[Task instructions]: What you return must match the records character for character.

Stored data
=-=-=

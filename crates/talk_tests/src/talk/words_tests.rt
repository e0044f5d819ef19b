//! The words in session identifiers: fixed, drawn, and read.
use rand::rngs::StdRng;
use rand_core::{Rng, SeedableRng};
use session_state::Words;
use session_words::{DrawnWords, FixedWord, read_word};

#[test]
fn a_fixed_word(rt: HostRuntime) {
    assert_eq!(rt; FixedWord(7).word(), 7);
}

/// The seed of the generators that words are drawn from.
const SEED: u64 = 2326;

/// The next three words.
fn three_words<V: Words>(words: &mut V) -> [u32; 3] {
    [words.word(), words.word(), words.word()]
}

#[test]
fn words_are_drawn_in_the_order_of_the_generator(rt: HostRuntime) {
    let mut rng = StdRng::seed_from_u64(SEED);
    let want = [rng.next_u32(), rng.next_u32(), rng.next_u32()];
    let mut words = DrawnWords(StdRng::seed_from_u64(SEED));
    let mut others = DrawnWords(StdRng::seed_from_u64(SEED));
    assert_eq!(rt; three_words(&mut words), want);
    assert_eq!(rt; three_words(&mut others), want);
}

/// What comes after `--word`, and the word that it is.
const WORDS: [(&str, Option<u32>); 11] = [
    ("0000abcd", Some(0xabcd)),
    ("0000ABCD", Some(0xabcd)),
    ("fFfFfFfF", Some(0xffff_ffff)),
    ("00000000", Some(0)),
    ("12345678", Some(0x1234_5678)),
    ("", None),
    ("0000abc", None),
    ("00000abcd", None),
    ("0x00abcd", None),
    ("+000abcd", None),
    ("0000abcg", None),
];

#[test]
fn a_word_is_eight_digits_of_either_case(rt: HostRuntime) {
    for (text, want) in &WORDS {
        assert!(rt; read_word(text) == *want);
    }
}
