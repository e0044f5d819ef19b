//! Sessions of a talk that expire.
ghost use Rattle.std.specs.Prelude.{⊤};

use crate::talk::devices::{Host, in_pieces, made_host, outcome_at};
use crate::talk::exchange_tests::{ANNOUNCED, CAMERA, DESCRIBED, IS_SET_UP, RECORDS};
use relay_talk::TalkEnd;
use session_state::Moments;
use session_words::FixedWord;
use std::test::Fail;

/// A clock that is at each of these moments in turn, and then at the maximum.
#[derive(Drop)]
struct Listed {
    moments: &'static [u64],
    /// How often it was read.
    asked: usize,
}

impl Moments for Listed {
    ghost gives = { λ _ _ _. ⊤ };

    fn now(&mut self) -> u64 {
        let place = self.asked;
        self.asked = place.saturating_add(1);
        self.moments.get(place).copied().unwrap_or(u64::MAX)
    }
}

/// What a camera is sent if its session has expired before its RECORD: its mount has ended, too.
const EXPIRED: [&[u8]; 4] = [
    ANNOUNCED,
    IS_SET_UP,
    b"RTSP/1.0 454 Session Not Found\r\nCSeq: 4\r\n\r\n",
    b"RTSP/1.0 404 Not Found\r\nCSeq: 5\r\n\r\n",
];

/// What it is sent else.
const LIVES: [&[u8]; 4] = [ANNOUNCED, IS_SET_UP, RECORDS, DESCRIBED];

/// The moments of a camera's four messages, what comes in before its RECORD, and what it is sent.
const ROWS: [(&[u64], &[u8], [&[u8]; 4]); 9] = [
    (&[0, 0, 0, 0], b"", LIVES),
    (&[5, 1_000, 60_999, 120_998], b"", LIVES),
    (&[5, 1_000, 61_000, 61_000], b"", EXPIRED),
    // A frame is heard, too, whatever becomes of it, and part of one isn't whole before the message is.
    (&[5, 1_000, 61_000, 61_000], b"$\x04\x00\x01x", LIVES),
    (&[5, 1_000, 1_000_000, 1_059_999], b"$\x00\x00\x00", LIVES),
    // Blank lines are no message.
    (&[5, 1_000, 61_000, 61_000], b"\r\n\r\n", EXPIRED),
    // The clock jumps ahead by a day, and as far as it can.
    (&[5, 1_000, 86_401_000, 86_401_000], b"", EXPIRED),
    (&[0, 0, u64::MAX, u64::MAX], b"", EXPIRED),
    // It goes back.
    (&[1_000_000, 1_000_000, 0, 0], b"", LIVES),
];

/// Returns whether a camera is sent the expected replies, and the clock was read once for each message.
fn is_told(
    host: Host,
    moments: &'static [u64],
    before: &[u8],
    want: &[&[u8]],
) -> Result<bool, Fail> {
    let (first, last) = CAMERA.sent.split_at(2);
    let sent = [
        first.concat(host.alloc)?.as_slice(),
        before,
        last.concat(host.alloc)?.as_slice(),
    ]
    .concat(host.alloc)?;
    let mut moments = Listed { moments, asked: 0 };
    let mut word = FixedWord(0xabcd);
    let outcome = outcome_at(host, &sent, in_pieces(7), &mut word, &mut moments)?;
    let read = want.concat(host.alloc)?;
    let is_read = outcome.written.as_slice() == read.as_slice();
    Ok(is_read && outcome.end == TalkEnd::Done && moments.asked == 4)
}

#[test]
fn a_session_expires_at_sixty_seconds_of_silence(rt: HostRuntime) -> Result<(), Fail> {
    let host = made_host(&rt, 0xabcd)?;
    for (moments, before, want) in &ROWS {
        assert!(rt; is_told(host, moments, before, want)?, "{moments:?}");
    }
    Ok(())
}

=-=-=

[Your solution]:
filename crates/talk_tests/src/talk/words_tests.rt
repository e0044f5d819ef19b
//! The words in session identifiers: fixed, drawn, and read.
use rand::rngs::StdRng;
use rand_core::{Rng, SeedableRng};
use session_state::Words;
use session_words::{DrawnWords, FixedWord, read_word};

#[test]
fn a_fixed_word(rt: HostRuntime) {
    assert_eq!(rt; FixedWord(7).word(), 7);
}

/// The seed of the generators that words are drawn from.
const SEED: u64 = 2326;

/// The next three words.
fn three_words<V: Words>(words: &mut V) -> [u32; 3] {
    [words.word(), words.word(), words.word()]
}

#[test]
fn words_are_drawn_in_the_order_of_the_generator(rt: HostRuntime) {
    let mut rng = StdRng::seed_from_u64(SEED);
    let want = [rng.next_u32(), rng.next_u32(), rng.next_u32()];
    let mut words = DrawnWords(StdRng::seed_from_u64(SEED));
    let mut others = DrawnWords(StdRng::seed_from_u64(SEED));
    assert_eq!(rt; three_words(&mut words), want);
    assert_eq!(rt; three_words(&mut others), want);
}

/// What comes after `--word`, and the word that it is.
const WORDS: [(&str, Option<u32>); 11] = [
    ("0000abcd", Some(0xabcd)),
    ("0000ABCD", Some(0xabcd)),
    ("fFfFfFfF", Some(0xffff_ffff)),
    ("00000000", Some(0)),
    ("12345678", Some(0x1234_5678)),
    ("", None),
    ("0000abc", None),
    ("00000abcd", None),
    ("0x00abcd", None),
    ("+000abcd", None),
    ("0000abcg", None),
];

#[test]
fn a_word_is_eight_digits_of_either_case(rt: HostRuntime) {
    for (text, want) in &WORDS {
        assert!(rt; read_word(text) == *want);
    }
}
repository e0044f5d819ef19b
//! Sessions of a talk that expire.
ghost use Rattle.std.specs.Prelude.{⊤};

use crate::talk::devices::{Host, in_pieces, made_host, outcome_at};
use crate::talk::exchange_tests::{ANNOUNCED, CAMERA, DESCRIBED, IS_SET_UP, RECORDS};
use relay_talk::TalkEnd;
use session_state::Moments;
use session_words::FixedWord;
use std::test::Fail;

/// A clock that is at each of these moments in turn, and then at the maximum.
#[derive(Drop)]
struct Listed {
    moments: &'static [u64],
    /// How often it was read.
    asked: usize,
}

impl Moments for Listed {
    ghost gives = { λ _ _ _. ⊤ };

    fn now(&mut self) -> u64 {
        let place = self.asked;
        self.asked = place.saturating_add(1);
        self.moments.get(place).copied().unwrap_or(u64::MAX)
    }
}

/// What a camera is sent if its session has expired before its RECORD: its mount has ended, too.
const EXPIRED: [&[u8]; 4] = [
    ANNOUNCED,
    IS_SET_UP,
    b"RTSP/1.0 454 Session Not Found\r\nCSeq: 4\r\n\r\n",
    b"RTSP/1.0 404 Not Found\r\nCSeq: 5\r\n\r\n",
];

/// What it is sent else.
const LIVES: [&[u8]; 4] = [ANNOUNCED, IS_SET_UP, RECORDS, DESCRIBED];

/// The moments of a camera's four messages, what comes in before its RECORD, and what it is sent.
const ROWS: [(&[u64], &[u8], [&[u8]; 4]); 9] = [
    (&[0, 0, 0, 0], b"", LIVES),
    (&[5, 1_000, 60_999, 120_998], b"", LIVES),
    (&[5, 1_000, 61_000, 61_000], b"", EXPIRED),
    // A frame is heard, too, whatever becomes of it, and part of one isn't whole before the message is.
    (&[5, 1_000, 61_000, 61_000], b"$\x04\x00\x01x", LIVES),
    (&[5, 1_000, 1_000_000, 1_059_999], b"$\x00\x00\x00", LIVES),
    // Blank lines are no message.
    (&[5, 1_000, 61_000, 61_000], b"\r\n\r\n", EXPIRED),
    // The clock jumps ahead by a day, and as far as it can.
    (&[5, 1_000, 86_401_000, 86_401_000], b"", EXPIRED),
    (&[0, 0, u64::MAX, u64::MAX], b"", EXPIRED),
    // It goes back.
    (&[1_000_000, 1_000_000, 0, 0], b"", LIVES),
];

/// Returns whether a camera is sent the expected replies, and the clock was read once for each message.
fn is_told(
    host: Host,
    moments: &'static [u64],
    before: &[u8],
    want: &[&[u8]],
) -> Result<bool, Fail> {
    let (first, last) = CAMERA.sent.split_at(2);
    let sent = [
        first.concat(host.alloc)?.as_slice(),
        before,
        last.concat(host.alloc)?.as_slice(),
    ]
    .concat(host.alloc)?;
    let mut moments = Listed { moments, asked: 0 };
    let mut word = FixedWord(0xabcd);
    let outcome = outcome_at(host, &sent, in_pieces(7), &mut word, &mut moments)?;
    let read = want.concat(host.alloc)?;
    let is_read = outcome.written.as_slice() == read.as_slice();
    Ok(is_read && outcome.end == TalkEnd::Done && moments.asked == 4)
}

#[test]
fn a_session_expires_at_sixty_seconds_of_silence(rt: HostRuntime) -> Result<(), Fail> {
    let host = made_host(&rt, 0xabcd)?;
    for (moments, before, want) in &ROWS {
        assert!(rt; is_told(host, moments, before, want)?, "{moments:?}");
    }
    Ok(())
}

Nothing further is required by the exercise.